Бесы — как паразиты в теле человека. О них можно не знать, даже не верить в их существова­ние, но они действительно паразитируют в душах и — незаметно для своих хозяев — управляют их мыслями и поступками. А те и понять не могут, по­чему с ними происходят странные, дурные и несу­разные вещи, а вся жизнь превращается в перевали­вание из одной ошибки в другую. У Церкви есть все возможности к исправлению таких судеб. Да только дело в том, что исцелиться человек может, лишь из­менив себя. Молитва священника — деятельная, но всего лишь помощь.

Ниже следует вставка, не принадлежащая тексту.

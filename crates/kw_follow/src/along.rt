//! The events that every call makes: as it begins, on its way to its row, at the entries there, and
//! as it ends; each by its own step of the table.
//!
//! A call loads the epoch and announces it, loads the link from the head, or the state and the
//! least key of a guessed row, and the link after each row that it goes by, and announces no epoch
//! any more at its end; a reader looks at each entry of its row. What the local does next says
//! which step it is, as in `putting`; every other event is put together in `going`.
ghost use Rattle.std.specs.Prelude.{◌≡◌, ◌<◌, true, false, length};
ghost use Rattle.kw_words.specs.Link.{link_of};
ghost use Rattle.kw_words.specs.Pend.{pend_of};
ghost use Rattle.kw_words.specs.Plain.{built_of_word, key_of_word};
ghost use Rattle.kw_words.specs.declared.sizes.TheConstants.{SEATS};
ghost use Rattle.kw_core.specs.Events.{is_call_in_range};
ghost use Rattle.kw_world.specs.Local.{resting};
ghost use Rattle.kw_world.specs.ReadTransitions.{look_seen};
ghost use Rattle.kw_world.specs.Sizes.{product};
ghost use Rattle.kw_world.specs.Transition.{outcome, row_linked};
ghost use Rattle.kw_world.specs.WalkTransitions.{link_reached, walk_least};
ghost use Rattle.kw_table.specs.Passes.{IsPassOf, Makes};
ghost use Rattle.kw_follow.specs.Following.{Follows, activity_in};
ghost use Rattle.kw_follow.specs.Moving.{FollowsAt, Moves, WentOn};
ghost use Rattle.kw_follow.specs.Within.{IsWithinCall, looking, walking};

use crate::going::{event, go};
use kw_model::call::Call;
use kw_step_put::resume::end_call;
use kw_step_put::resume_entries::look;
use kw_step_put::resume_scan::{begin, enter};
use kw_step_rows::resume::{first, guess, guessed_least, link, walk_least};
use kw_table::{
    Pass, Shared, clear_pass, load_epoch, load_head, load_least, load_link, load_pend, load_state,
    store_pass,
};
use kw_words::layout::Name;
use kw_words::plain::pack_pass;
use kw_world::activity::Activity;
use kw_world::activity::enter::Enter;
use kw_world::activity::look::Look;
use kw_world::activity::walk::Walk;
use kw_world::answer::Answer;
use kw_world::event::{Choice, StepDone};
use kw_world::local::Local;

// Loads the epoch, by which a call begins.
#[inline(always)]
pub(crate) fn load_own_epoch(
    shared: &Shared,
    pass: &mut Pass,
    local: &mut Local,
    call: Call,
) -> StepDone
    requires table { IsPassOf shared.now pass.old }
    requires idle { activity_in pass.old ≡ Activity.Idle }
    requires rested { local.old ≡ resting 0 }
    requires range { is_call_in_range call ≡ true }
    ensures { Moves shared.now pass.old local.old (Choice.Begin call) pass.new local.new result }
{
    let choice = Choice::Begin(call);
    let told = load_epoch(shared, pass, choice, Name::Epoch);
    begin(local, choice, told)
}

// Stores that the seat announces no epoch any more, by which a call ends.
#[inline(always)]
pub(crate) fn clear_epoch(
    shared: &Shared,
    pass: &mut Pass,
    local: &mut Local,
    answer: Answer,
) -> StepDone
    requires { FollowsAt shared.now pass.old local.old (Activity.Leave answer) }
    ensures { Moves shared.now pass.old local.old Choice.Go pass.new local.new result }
{
    let word = Name::Pass(pass.number());
    let none = pack_pass(None);
    clear_pass(shared, pass, word, none);
    end_call(local, answer)
}

// Stores the epoch that the seat announces.
#[inline(always)]
fn announce_epoch(shared: &Shared, pass: &mut Pass, local: &mut Local) -> StepDone
    requires { FollowsAt shared.now pass.old local.old (Activity.Enter Enter.Announce) }
    ensures { Moves shared.now pass.old local.old Choice.Go pass.new local.new result }
{
    let word = Name::Pass(pass.number());
    let epoch = pack_pass(Some(local.epoch));
    store_pass(shared, pass, word, epoch);
    enter(local)
}

// Loads the link to the first row.
#[inline(always)]
fn load_first_row(shared: &Shared, pass: &mut Pass, local: &mut Local) -> StepDone
    requires { FollowsAt shared.now pass.old local.old (Activity.Walk Walk.Start) }
    ensures { Moves shared.now pass.old local.old Choice.Go pass.new local.new result }
{
    let told = load_head(shared, pass, Name::Head);
    first(local, told)
}

// Loads the state of a row of the table, with which a walk begins that is to begin there.
#[inline(always)]
fn load_guessed_state(shared: &Shared, pass: &mut Pass, local: &mut Local, row: u32) -> StepDone
    requires at { FollowsAt shared.now pass.old local.old (Activity.Walk Walk.Start) }
    requires in_range { row < shared.now.opening.rows }
    ensures { Moves shared.now pass.old local.old (Choice.Guess row) pass.new local.new result }
{
    let told = load_state(shared, pass, Choice::Guess(row), Name::State(row));
    guess(local, row, told)
}

// Loads the least key of that row.
#[inline(always)]
fn load_guessed_least(shared: &Shared, pass: &mut Pass, local: &mut Local) -> StepDone
    requires { FollowsAt shared.now pass.old local.old (Activity.Walk Walk.GuessedLeast) }
    ensures { Moves shared.now pass.old local.old Choice.Go pass.new local.new result }
{
    let word = Name::Least(local.row);
    let told = load_least(shared, pass, word);
    guessed_least(local, told)
}

/// Loads the link after this row, for a call that walks along the rows and stands at it. The answer
/// is what the event was told, and `see_row_link` says what follows. Takes no memory.
#[inline(always)]
pub fn load_row_link(shared: &Shared, pass: &mut Pass, row: u32) -> u64
    requires { (l : Local) × Follows shared.now pass.old (walking (Activity.Walk Walk.Next) l) × (l.row ≡ row) }
    ensures { Makes shared.now pass.old Choice.Go result pass.new }
{
    load_link(shared, pass, Name::Next(row))
}

/// The call was told the link after its row. Takes no memory.
#[inline(always)]
pub fn see_row_link(local: &mut Local, found: u64) -> StepDone
    ensures { outcome local.new result ≡ link_reached (row_linked (link_of found)) local.old }
{
    link(local, found)
}

/// Loads the least key of the row to which that link led. The answer is what the event was told,
/// and `see_row_least` says what follows. Takes no memory.
#[inline(always)]
pub fn load_row_least(shared: &Shared, pass: &mut Pass, row: u32) -> u64
    requires { (l : Local) × Follows shared.now pass.old (walking (Activity.Walk Walk.NextLeast) l)
        × (l.candidate ≡ row) }
    ensures { Makes shared.now pass.old Choice.Go result pass.new }
{
    load_least(shared, pass, Name::Least(row))
}

/// The call was told the least key of that row. Takes no memory.
#[inline(always)]
pub fn see_row_least(local: &mut Local, found: u64) -> StepDone
    ensures { outcome local.new result ≡ walk_least (key_of_word found) (built_of_word found) local.old }
{
    walk_least(local, found)
}

// Goes on by the link after the row.
#[inline(always)]
fn load_next_row(shared: &Shared, pass: &mut Pass, local: &mut Local) -> StepDone
    requires { FollowsAt shared.now pass.old local.old (Activity.Walk Walk.Next) }
    ensures { Moves shared.now pass.old local.old Choice.Go pass.new local.new result }
{
    let told = load_row_link(shared, pass, local.row);
    see_row_link(local, told)
}

// Goes on by the least key of the row after it.
#[inline(always)]
fn load_least_key(shared: &Shared, pass: &mut Pass, local: &mut Local) -> StepDone
    requires { FollowsAt shared.now pass.old local.old (Activity.Walk Walk.NextLeast) }
    ensures { Moves shared.now pass.old local.old Choice.Go pass.new local.new result }
{
    let told = load_row_least(shared, pass, local.candidate);
    see_row_least(local, told)
}

/// Loads the entry of this seat in the reader's row, for a reader that looks at it next. The answer
/// is what the event was told, and `see_entry` says what follows. So code that looks at many
/// entries at which nothing is announced leaves its local as it is meanwhile. Takes no memory.
#[inline(always)]
pub fn load_entry(shared: &Shared, pass: &mut Pass, row: u32, entry: u32) -> u64
    requires { (l : Local) × Follows shared.now pass.old (looking entry l) × (l.row ≡ row) }
    ensures { Makes shared.now pass.old Choice.Go result pass.new }
{
    load_pend(shared, pass, Name::Pend(row, entry))
}

/// The reader was told the entry of this seat. Takes no memory.
#[inline(always)]
pub fn see_entry(local: &mut Local, entry: u32, found: u64) -> StepDone
    requires entry { entry < SEATS }
    requires room { length local.old.remembered < SEATS }
    ensures { outcome local.new result ≡ look_seen product entry (pend_of found) local.old }
{
    look(local, entry, found)
}

// Looks at the entry of this seat.
#[inline(always)]
fn look_at_entry(shared: &Shared, pass: &mut Pass, local: &mut Local, entry: u32) -> StepDone
    requires { FollowsAt shared.now pass.old local.old (Activity.Look (Look.Entry entry)) }
    ensures { Moves shared.now pass.old local.old Choice.Go pass.new local.new result }
{
    let told = load_entry(shared, pass, local.row, entry);
    see_entry(local, entry, told)
}

// The next event, by what the local does next.
#[inline(always)]
fn event_along(shared: &Shared, pass: &mut Pass, local: &mut Local) -> StepDone
    requires follows { Follows shared.now pass.old local.old }
    requires within { IsWithinCall local.old.activity }
    ensures { Moves shared.now pass.old local.old Choice.Go pass.new local.new result }
{
    match local.activity {
        Activity::Enter(Enter::Announce) => announce_epoch(shared, pass, local),
        Activity::Walk(Walk::Start) => load_first_row(shared, pass, local),
        Activity::Walk(Walk::GuessedLeast) => load_guessed_least(shared, pass, local),
        Activity::Walk(Walk::Next) => load_next_row(shared, pass, local),
        Activity::Walk(Walk::NextLeast) => load_least_key(shared, pass, local),
        Activity::Look(Look::Entry(entry)) => look_at_entry(shared, pass, local, entry),
        _ => event(shared, pass, local, Choice::Go),
    }
}

/// Makes the next event in the middle of a call, as `go` does with the choice `Go`. The
/// announcement of the epoch, the walk along the rows and the looks at entries are made by steps of
/// their own. Takes no memory.
#[inline(always)]
pub fn go_along(shared: &Shared, pass: &mut Pass, local: &mut Local)
    requires follows { Follows shared.now pass.old local.old }
    requires within { IsWithinCall local.old.activity }
    ensures { WentOn shared.now pass.old local.old Choice.Go pass.new local.new }
{
    event_along(shared, pass, local);
}

/// Makes the first event of a walk that is to begin at this row, as `go` does with the choice
/// `Guess(row)`. Takes no memory.
#[inline(always)]
pub fn go_guess(shared: &Shared, pass: &mut Pass, local: &mut Local, row: u32)
    requires { FollowsAt shared.now pass.old local.old (Activity.Walk Walk.Start) }
    ensures { WentOn shared.now pass.old local.old (Choice.Guess row) pass.new local.new }
{
    if row >= shared.rows() {
        return go(shared, pass, local, Choice::Guess(row));
    }
    load_guessed_state(shared, pass, local, row);
}

/// Loads the least key of a guessed row that is in use, as `go_along` does where the call tries a
/// guessed row. Takes no memory.
#[inline(always)]
pub fn go_guessed_least(shared: &Shared, pass: &mut Pass, local: &mut Local)
    requires { FollowsAt shared.now pass.old local.old (Activity.Walk Walk.GuessedLeast) }
    ensures { WentOn shared.now pass.old local.old Choice.Go pass.new local.new }
{
    load_guessed_least(shared, pass, local);
}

Разумеется, не все священники способны совер­шать чин изгнания бесов. Отец Адриан был чуть ли не единственным в те, 80-е годы, кто брался за это дело. Кажется, был еще отец Василий в Васьк-Нарве в Эстонии.

Архимандрит Иоанн (Крестьянкин) скептически относился к этой практике. Не потому, что считал ее чем-то неправильным, но потому, что был убеж­ден: тлетворное воздействие из духовного мира человеку необходимо исцелять личным покаяни­ем, Таинствами Церкви и трудом по исполнению Христовых заповедей. Хотя он и не отрицал пользы, которую может принести участие в молебнах с заклинательными молитвами, но скорбел, что те, кто приходят на отчитки, хотят исцелиться, не прило­жив собственного труда. А такого в духовной жизни не бывает.

* * *

Отчитка — это не только очень тяжелое, но и весь­ма опасное дело. Как-то мне, послушнику, довелось быть на приходе у отца Рафаила на престольном празднике его деревенского храма, дне памяти свя­тителя Митрофана Воронежского. Ко всенощной приехали несколько священников из соседних при­ходов. Между ними был батюшка, удививший меня.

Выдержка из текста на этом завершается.